Replication data for a study analyzing the supply-side drivers of bribery, linking firm management quality to corrupt practices. The research combines cross-national business survey analysis with a field experiment in Vietnam, where firms were randomly assigned to management training. The experiment found trained firms paid monthly bribes less than one-fifth the size of the placebo group.
Use Cases
- Analyze the relationship between firm management quality and bribery payment amounts using experimental treatment data.
- Test theoretical predictions on bribery supply using cross-national business survey variables.
- Examine the link between management training interventions and subsequent levels of regulatory compliance.
- Compare bribery outcomes between the experimentally assigned treatment and placebo groups of firms.
Strengths
- Data underpins a published study with a formal model and two connected empirical tests.
- Includes a randomized field experiment component, allowing for causal inference on management training effects.

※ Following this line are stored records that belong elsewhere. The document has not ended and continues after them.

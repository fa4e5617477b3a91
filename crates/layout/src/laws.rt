ghost use Rattle.layout.specs.Laws.{Decodes};

// The laws of the layout: a script's node list and tables, read with the text, are that script and no other.
pub fn layout_stands()
    ensures { Decodes }
{}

- Findings are grounded in detailed accounting books from the experimental firms, providing precise bribery measures.
Limitations
- Specific column names, row counts, and file formats are not provided in the input metadata.
- The cross-national survey component may suffer from self-reporting biases common in corruption research.
- The field experiment's findings in Vietnam may not be fully generalizable to other national contexts.
Provenance
- Source
- Harvard Dataverse, authored by Edmund Malesky.
- Collection Method
- Combines analysis of cross-national business survey data with a randomized field experiment in Vietnam.
- Time Range
- null
- Freshness
- null
- Geography
- Cross-national survey and a specific field experiment in Vietnam.